The records:
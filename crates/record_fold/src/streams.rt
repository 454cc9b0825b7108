//! The stream that a volume holds.

ghost use Rattle.std.specs.Prelude.{◌≡◌, true, nat_lt, not, Some, OnOk, IfErr, map, filter};
ghost use Rattle.js_base.specs.Moments.{plus};
ghost use Rattle.js_model.specs.Streams.{by_name};
ghost use Rattle.model_laws.specs.Sound.{AreOrdered};
ghost use Rattle.effects.specs.Folding.{empty_body, numbered, put, holding, removed, at_moment, consumer_from, replaced, with_made, without_consumer, is_next, added_id};
ghost use Rattle.effects.specs.Ranges.{is_within};
ghost use Rattle.record_fold.specs.Changes.{changed_in};
ghost use Rattle.record_fold.specs.Entries.{IsGivenIn};
ghost use Rattle.record_fold.specs.Faults.{IsChangeFaultIn, IsNumberFault, IsMisfitAt};

use crate::change::Change;
use crate::consumers::{add_one, change_one, forget_all, place_of, remove_one};
use crate::fault::FoldFault;
use crate::lists::{is_within, take};
use effects::Body;
use js_base::{Blob, List, Moment, NoMemory};
use js_model::{Consumer, ConsumerConfig, Id, Message, StreamConfig};
use std::alloc::Global;

/// A new stream.
pub(crate) fn empty_body(alloc: Global, made: Moment, config: StreamConfig) -> Body
    ensures value { result ≡ empty_body made config }
{
    Body {
        made,
        moment: made,
        last: 0,
        config,
        messages: List::new(alloc),
        ids: List::new(alloc),
        consumers: List::new(alloc),
    }
}

/// Adds an id, if it is not empty.
fn add_id(ids: &mut List<Id>, id: Blob, seq: u64, at: Moment) -> Result<(), NoMemory>
    ensures ok { OnOk result (ids.new ≡ added_id ids.old id seq at) }
{
    if id.is_empty() {
        return Ok(());
    }
    ids.push(Id { id, seq, at })
}

/// Gives the next sequence, at the last moment that the stream has seen, with its id.
pub(crate) fn number(body: &mut Body, seq: u64, at: Moment, id: Blob) -> Result<(), FoldFault>
    ensures next { OnOk result (is_next seq at body.old ≡ true) }
    ensures ok { OnOk result (body.new ≡ numbered seq at id body.old) }
    ensures err { IfErr result (IsNumberFault seq at body.old) }
{
    if body.last.checked_add(1) != Some(seq) {
        return Err(FoldFault::Misfit(1));
    }
    if at != body.moment {
        return Err(FoldFault::Misfit(9));
    }
    add_id(&mut body.ids, id, seq, at)?;
    body.last = seq;
    Ok(())
}

/// Stores a message under the next sequence, with its id.
pub(crate) fn put(body: &mut Body, message: Message, id: Blob) -> Result<(), FoldFault>
    ensures next { OnOk result (is_next message.seq message.at body.old ≡ true) }
    ensures ok { OnOk result (body.new ≡ put message id body.old) }
    ensures err { IfErr result (IsNumberFault message.seq message.at body.old) }
{
    number(body, message.seq, message.at, id)?;
    Ok(body.messages.push(message)?)
}

/// Drops the messages of a range of sequences.
fn drop_messages(alloc: Global, messages: &mut List<Message>, low: u64, high: u64)
    ensures left { messages.new ≡ filter (λ m. not (is_within low high m.seq)) messages.old }
{
    let mut kept = take(alloc, messages);
    kept.retain(|message| !is_within(low, high, message.seq));
    *messages = List::from_vec(kept);
}

/// Has no consumer hold anything of a range of sequences any more.
fn forget_range(alloc: Global, consumers: &mut List<Consumer>, low: u64, high: u64)
    ensures value { consumers.new ≡ map (holding (λ n. not (is_within low high n))) consumers.old }
{
    let mut changed = take(alloc, consumers);
    forget_all(alloc, changed.as_mut_slice(), low, high);
    *consumers = List::from_vec(changed);
}

/// Drops the messages of a range of sequences, with what consumers hold of them.
pub(crate) fn remove(alloc: Global, body: &mut Body, low: u64, high: u64)
    ensures value { body.new ≡ removed low high body.old }
{
    drop_messages(alloc, &mut body.messages, low, high);
    forget_range(alloc, &mut body.consumers, low, high);
}

/// Forgets the ids that count no more at a moment.
fn forget_ids(alloc: Global, ids: &mut List<Id>, moment: Moment, window: u64)
    ensures left { ids.new ≡ filter (λ i. nat_lt moment (plus i.at window)) ids.old }
{
    let mut known = take(alloc, ids);
    known.retain(|id| moment < id.at.plus(window));
    *ids = List::from_vec(known);
}

/// Sees a moment, by which ids are forgotten.
pub(crate) fn see(alloc: Global, body: &mut Body, moment: Moment)
    ensures value { body.new ≡ at_moment moment body.old }
{
    let window = body.config.duplicate_window;
    forget_ids(alloc, &mut body.ids, moment, window);
    body.moment = moment;
}

/// A new consumer, to which nothing was sent.
pub(crate) fn new_consumer(
    alloc: Global,
    name: Blob,
    made: Moment,
    config: ConsumerConfig,
    cursor: u64,
    picks: List<u64>,
) -> Consumer
    ensures value { result ≡ consumer_from name made config cursor picks }
{
    Consumer {
        name,
        made,
        config,
        picks,
        cursor,
        dseq: 0,
        pending: List::new(alloc),
        given_up: List::new(alloc),
        waiting: List::new(alloc),
        mark: made,
    }
}

/// Adds a consumer. If there is one of its name, the name is wrong.
pub(crate) fn make_consumer(alloc: Global, body: &mut Body, new: Consumer) -> Result<(), FoldFault>
    ensures ok { OnOk result (with_made body.old new (by_name body.old.consumers new.name) ≡ Some body.new) }
    ensures err { IfErr result (IsMisfitAt 1 (with_made body.old new (by_name body.old.consumers new.name))) }
{
    if place_of(body.consumers.as_slice(), &new.name).is_some() {
        return Err(FoldFault::Misfit(1));
    }
    let mut consumers = take(alloc, &mut body.consumers);
    add_one(&mut consumers, new)?;
    body.consumers = List::from_vec(consumers);
    Ok(())
}

/// Takes out the consumer of a name. If it is not there, the name is wrong.
pub(crate) fn drop_consumer(alloc: Global, body: &mut Body, name: &Blob) -> Result<(), FoldFault>
    ensures ok { OnOk result (without_consumer body.old (by_name body.old.consumers name.now) ≡ Some body.new) }
    ensures err { IfErr result (IsMisfitAt 1 (without_consumer body.old (by_name body.old.consumers name.now))) }
{
    let Some(_) = place_of(body.consumers.as_slice(), name) else {
        return Err(FoldFault::Misfit(1));
    };
    let mut consumers = take(alloc, &mut body.consumers);
    remove_one(&mut consumers, name);
    body.consumers = List::from_vec(consumers);
    Ok(())
}

/// Changes the consumer of a name. If it is not there, the name is wrong.
pub(crate) fn change_consumer(
    alloc: Global,
    body: &mut Body,
    name: &Blob,
    made: Change,
) -> Result<(), FoldFault>
    requires ordered { AreOrdered body.old.consumers }
    requires given { IsGivenIn made }
    ensures ok { OnOk result (replaced body.old (changed_in made (by_name body.old.consumers name.now)) ≡ Some body.new) }
    ensures err { IfErr result (IsChangeFaultIn name.now made (by_name body.old.consumers name.now)) }
{
    let mut consumers = take(alloc, &mut body.consumers);
    change_one(alloc, consumers.as_mut_slice(), name, made)?;
    body.consumers = List::from_vec(consumers);
    Ok(())
}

Action item: For the word "filter", find all matching lines in the entries above and copy them out.

Solution for this problem:
ghost use Rattle.std.specs.Prelude.{◌≡◌, true, nat_lt, not, Some, OnOk, IfErr, map, filter};
    ensures left { messages.new ≡ filter (λ m. not (is_within low high m.seq)) messages.old }
    ensures left { ids.new ≡ filter (λ i. nat_lt moment (plus i.at window)) ids.old }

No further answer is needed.